1342 The move multiple instruction,
1343 .CW MOVM ,
1344 defines a range of registers using brackets, e.g.
1345 .CW [R0-R12] .
1346 The special
1347 .CW MOVM
1348 addressing mode bits
1349 .CW W ,
1350 .CW U ,
1351 and
1352 .CW P
1353 are written in the same manner, for example,
1354 .CW MOVM.DB.W .
1355 A
1356 .CW .S
1357 suffix allows a
1358 .CW MOVM
1359 instruction to access user
1360 .CW R13
1361 and
1362 .CW R14
1363 when in another processor mode.
1364 Shifts and rotates in addressing modes are supported by binary operators
1365 .CW <<
1366 (logical left shift),
1367 .CW >>
1368 (logical right shift),
1369 .CW ->
1370 (arithmetic right shift), and
1371 .CW @>
1372 (rotate right); for example
1373 .CW "R7>>R2" or
1374 .CW "R2@>2" .
1375 The assembler does not support indexing by a shifted expression;
1376 only names can be doubly indexed.
1377 .PP
1378 Any instruction can be followed by a suffix that makes the instruction conditional:
1379 .CW .EQ ,
1380 .CW .NE ,
1381 and so on, as in the ARM manual, with synonyms
1382 .CW .HS
1383 (for
1384 .CW .CS )
1385 and
1386 .CW .LO
1387 (for
1388 .CW .CC ),
1389 for example
1390 .CW ADD.NE .
1391 Arithmetic
1392 and logical instructions
1393 can have a
1394 .CW .S
1395 suffix, as ARM allows, to set condition codes.
1396 .PP
1397 The syntax of the
1398 .CW MCR
1399 and
1400 .CW MRC
1401 coprocessor instructions is largely as in the manual, with the usual adjustments.

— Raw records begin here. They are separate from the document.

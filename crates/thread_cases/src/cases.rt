//! The cases, and what is reported of each.

use crate::edges::{Asked, Asleep, Counting, Gate, Held, Still, Waiting};
use crate::runs::{Part, Ran, made_disks, ran};
use cfg_base::Moment;
use config_core::Event;
use disk_model::MemDisk;
use script_lines::Fault;
use service::{Ticker, Waker};
use session_history::Happened;
use session_shell::{Turn, TurnList};
use std::alloc::Global;
use std::sync::atomic::AtomicU64;
use std::sync::{Arc, Wait};
use std::thread::Threads;

/// A session that commits a host name.
const COMMITS: &[u8] = b"configure\nset system host-name a\ncommit\nexit\n";

/// A session whose source has a text, and gives what is after a place once a gate opens.
fn session<R: std::rt::Clock + Clone + Drop>(
    rt: &R,
    alloc: Global,
    text: &[u8],
    stop: usize,
    gate: Gate,
    lines: Arc<AtomicU64>,
) -> Result<Part<Waiting<R>>, Fault> {
    let text = Vec::from_slice(alloc, text)?;
    let source = Waiting::new(text, stop, gate, rt.clone()?);
    Ok((source, Counting::new(alloc, lines)))
}

/// A ticker that counts its beats, and whose clock answers one moment.
fn ticker<R: std::rt::Clock + Clone + Drop>(
    rt: &R,
    count: Arc<AtomicU64>,
    moment: u64,
) -> Result<Ticker<Asked<R>, Still>, Fault> {
    let moment = Moment::of(moment);
    Ok(Ticker {
        beat: Asked {
            count,
            clock: rt.clone()?,
        },
        clock: Still { moment },
        waker: None,
    })
}

fn count(alloc: Global) -> Result<Arc<AtomicU64>, Fault> {
    Ok(Arc::new(alloc, AtomicU64::new(0))?)
}

/// Two sessions, each of which has its second line only once the other was answered its first.
fn two_wait<R>(rt: &R, alloc: Global) -> Result<Ran<Waiting<R>, Asked<R>, MemDisk>, Fault>
where
    R: Threads + Wait + Sync + Send + std::rt::Clock + Clone + Drop,
{
    let alice = count(alloc)?;
    let bob = count(alloc)?;
    let beats = count(alloc)?;
    let mut parts = Vec::new(alloc);
    for (own, other) in [(&alice, &bob), (&bob, &alice)] {
        let gate = Gate::of_lines(other, 1, &beats)?;
        let text = b"configure\nexit\n";
        parts.push(session(rt, alloc, text, 10, gate, own.clone()?)?)?;
    }
    let ticker = ticker(rt, beats, 1000)?;
    let disks = made_disks(rt, alloc)?;
    ran(rt, alloc, "serve d alice:a bob:b", parts, ticker, disks)
}

/// A session whose commit isn't confirmed, and that has its next line only once the ticker, by whose clock the deadline
/// has come, has looked at the time.
fn one_waits<R>(rt: &R, alloc: Global) -> Result<Ran<Waiting<R>, Asked<R>, MemDisk>, Fault>
where
    R: Threads + Wait + Sync + Send + std::rt::Clock + Clone + Drop,
{
    let lines = count(alloc)?;
    let beats = count(alloc)?;
    let gate = Gate {
        lines: lines.clone()?,
        least: 3,
        beats: beats.clone()?,
        more: 2,
    };
    let text = b"configure\nset system host-name a\ncommit confirmed 1\nexit\n";
    let mut parts = Vec::new(alloc);
    parts.push(session(rt, alloc, text, 52, gate, lines)?)?;
    let ticker = ticker(rt, beats, 1060)?;
    let disks = made_disks(rt, alloc)?;
    ran(rt, alloc, "serve d", parts, ticker, disks)
}

/// A session whose commit isn't confirmed, and that shows the commits once the ticker, by whose clock the deadline has come, has
/// looked at the time; another one is served beside it until that show was answered.
fn two_beside<R>(rt: &R, alloc: Global) -> Result<Ran<Waiting<R>, Asked<R>, MemDisk>, Fault>
where
    R: Threads + Wait + Sync + Send + std::rt::Clock + Clone + Drop,
{
    let alice = count(alloc)?;
    let bob = count(alloc)?;
    let beats = count(alloc)?;
    let mut parts = Vec::new(alloc);
    let shown = Gate::of_lines(&alice, 7, &beats)?;
    parts.push(session(rt, alloc, b"exit\n", 0, shown, bob)?)?;
    let looked = Gate {
        lines: alice.clone()?,
        least: 4,
        beats: beats.clone()?,
        more: 2,
    };
    let text =
        b"configure\nset system host-name a\ncommit confirmed 1 and-quit\nshow system commit\nexit\n";
    parts.push(session(rt, alloc, text, 61, looked, alice)?)?;
    let ticker = ticker(rt, beats, 1060)?;
    let disks = made_disks(rt, alloc)?;
    ran(rt, alloc, "serve d bob:b alice:a", parts, ticker, disks)
}

/// A session that has its second show of what is active once another one was answered its commit, which that one makes once the
/// first show was answered.
fn show_behind<R>(rt: &R, alloc: Global) -> Result<Ran<Waiting<R>, Asked<R>, MemDisk>, Fault>
where
    R: Threads + Wait + Sync + Send + std::rt::Clock + Clone + Drop,
{
    let alice = count(alloc)?;
    let bob = count(alloc)?;
    let beats = count(alloc)?;
    let mut parts = Vec::new(alloc);
    let shown = Gate::of_lines(&bob, 1, &beats)?;
    parts.push(session(rt, alloc, COMMITS, 0, shown, alice.clone()?)?)?;
    let committed = Gate::of_lines(&alice, 2, &beats)?;
    let text = b"show configuration\nshow system commit\nshow configuration\nexit\n";
    parts.push(session(rt, alloc, text, 38, committed, bob)?)?;
    let ticker = ticker(rt, beats, 1000)?;
    let disks = made_disks(rt, alloc)?;
    ran(rt, alloc, "serve d alice:a bob:b", parts, ticker, disks)
}

/// A disk whose sync of that number waits until a sink took a line.
fn held<R: std::rt::Clock + Clone + Drop>(
    rt: &R,
    disk: MemDisk,
    stop: u64,
    there: &Arc<AtomicU64>,
    lines: &Arc<AtomicU64>,
) -> Result<Held<R, MemDisk>, Fault> {
    Ok(Held {
        disk,
        syncs: 0,
        stop,
        there: there.clone()?,
        lines: lines.clone()?,
        least: 1,
        in_time: false,
        clock: rt.clone()?,
    })
}

/// A session that shows what is active while the last sync of another one's commit is under way, which waits for it.
fn shows_within<R>(
    rt: &R,
    alloc: Global,
) -> Result<Ran<Waiting<R>, Asked<R>, Held<R, MemDisk>>, Fault>
where
    R: Threads + Wait + Sync + Send + std::rt::Clock + Clone + Drop,
{
    let alice = count(alloc)?;
    let bob = count(alloc)?;
    let there = count(alloc)?;
    let beats = count(alloc)?;
    let mut parts = Vec::new(alloc);
    let at_once = Gate::of_lines(&alice, 0, &beats)?;
    parts.push(session(rt, alloc, COMMITS, 0, at_once, alice)?)?;
    let within = Gate::of_lines(&there, 1, &beats)?;
    let text = b"show configuration\nshow system commit\nexit\n";
    parts.push(session(rt, alloc, text, 0, within, bob.clone()?)?)?;
    let ticker = ticker(rt, beats, 1000)?;
    let (a, b) = made_disks(rt, alloc)?;
    let disks = (held(rt, a, 3, &there, &bob)?, held(rt, b, 0, &there, &bob)?);
    ran(rt, alloc, "serve d alice:a bob:b", parts, ticker, disks)
}

/// Two sessions that end once the ticker was asked for its first look, before which it sleeps for an hour.
fn ends_asleep<R>(rt: &R, alloc: Global) -> Result<Ran<Waiting<R>, Asleep<R>, MemDisk>, Fault>
where
    R: Threads + Wait + Sync + Send + std::rt::Clock + Clone + Drop,
{
    let beats = count(alloc)?;
    let mut parts = Vec::new(alloc);
    for _ in 0..2 {
        let asked = Gate::of_lines(&beats, 1, &beats)?;
        parts.push(session(rt, alloc, b"exit\n", 0, asked, count(alloc)?)?)?;
    }
    let waker = Waker::new(alloc)?;
    let ticker = Ticker {
        beat: Asleep {
            count: beats,
            waker: waker.again()?,
            rt: rt.clone()?,
        },
        clock: Still {
            moment: Moment::of(1000),
        },
        waker: Some(waker),
    };
    let disks = made_disks(rt, alloc)?;
    ran(rt, alloc, "serve d alice:a bob:b", parts, ticker, disks)
}

/// How many entries the lists had that a session was shown without an event.
fn say_fronts(out: &mut String, turns: &[Turn]) -> Result<(), Fault> {
    for turn in turns {
        if let Turn::Seen { front, .. } = turn {
            writeln!(out, "shown of {front} entries")?;
        }
    }
    Ok(())
}

/// The same, of all sessions.
fn say_shown(out: &mut String, turns: &[TurnList]) -> Result<(), Fault> {
    for list in turns {
        if let Some(turns) = list.values() {
            say_fronts(out, turns)?;
        }
    }
    Ok(())
}

/// What the last session wrote.
fn say_written<R>(out: &mut String, ran: &Ran<Waiting<R>, Asked<R>, MemDisk>) -> Result<(), Fault>
where
    R: std::rt::Clock + Drop,
{
    if let Some(end) = ran.ends.last() {
        if let Ok(text) = str::from_utf8(&end.sink.text) {
            out.push_str(text)?;
        }
    }
    Ok(())
}

/// The events that go back to an older commit, each with its caller and its moment.
fn say_reverts(out: &mut String, events: &[Happened]) -> Result<(), Fault> {
    for happened in events {
        if happened.event == Event::Revert {
            let caller = happened.caller;
            let moment = happened.moment.seconds();
            writeln!(out, "revert of caller {caller} at {moment}")?;
        }
    }
    Ok(())
}

/// What resulted from each case.
pub(crate) fn say_all<R>(rt: &R, alloc: Global, out: &mut String) -> Result<(), Fault>
where
    R: Threads + Wait + Sync + Send + std::rt::Clock + Clone + Drop,
{
    let status = two_wait(rt, alloc)?.status;
    writeln!(
        out,
        "two sessions that wait for each other: status {status}"
    )?;
    let ran = one_waits(rt, alloc)?;
    let status = ran.status;
    writeln!(out, "a session that waits for the ticker: status {status}")?;
    if let Some(events) = ran.history.events.values() {
        say_reverts(out, events)?;
    }
    let ran = two_beside(rt, alloc)?;
    let status = ran.status;
    writeln!(
        out,
        "two sessions beside the ticker that meets a deadline: status {status}"
    )?;
    if let Some(events) = ran.history.events.values() {
        say_reverts(out, events)?;
    }
    say_shown(out, &ran.turns)?;
    say_written(out, &ran)?;
    let ran = show_behind(rt, alloc)?;
    let status = ran.status;
    writeln!(
        out,
        "shows before and behind another session's commit: status {status}"
    )?;
    say_shown(out, &ran.turns)?;
    say_written(out, &ran)?;
    let ran = shows_within(rt, alloc)?;
    let status = ran.status;
    let in_time = ran.disk_a.in_time;
    writeln!(
        out,
        "shows within another session's commit: status {status}, in time {in_time}"
    )?;
    say_shown(out, &ran.turns)?;
    let status = ends_asleep(rt, alloc)?.status;
    writeln!(
        out,
        "sessions that end while the ticker sleeps: status {status}"
    )?;
    Ok(())
}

1402 The assembler directly supports only the ARM floating-point coprocessor
1403 operations used by the compiler:
1404 .CW CMP ,
1405 .CW ADD ,
1406 .CW SUB ,
1407 .CW MUL ,
1408 and
1409 .CW DIV ,
1410 all with
1411 .CW F
1412 or
1413 .CW D
1414 suffix selecting single or double precision.
1415 Floating-point load or store become
1416 .CW MOVF
1417 and
1418 .CW MOVD .
1419 Conversion instructions are also specified by moves:
1420 .CW MOVWD ,
1421 .CW MOVWF ,
1422 .CW MOVDW ,
1423 .CW MOVWD ,
1424 .CW MOVFD ,
1425 and
1426 .CW MOVDF .
1427 .SH
1428 AMD 29000
1429 .PP
1430 For details about this assembly language, which was built for the AMD 29240,
1431 look at the sources or examine compiler output.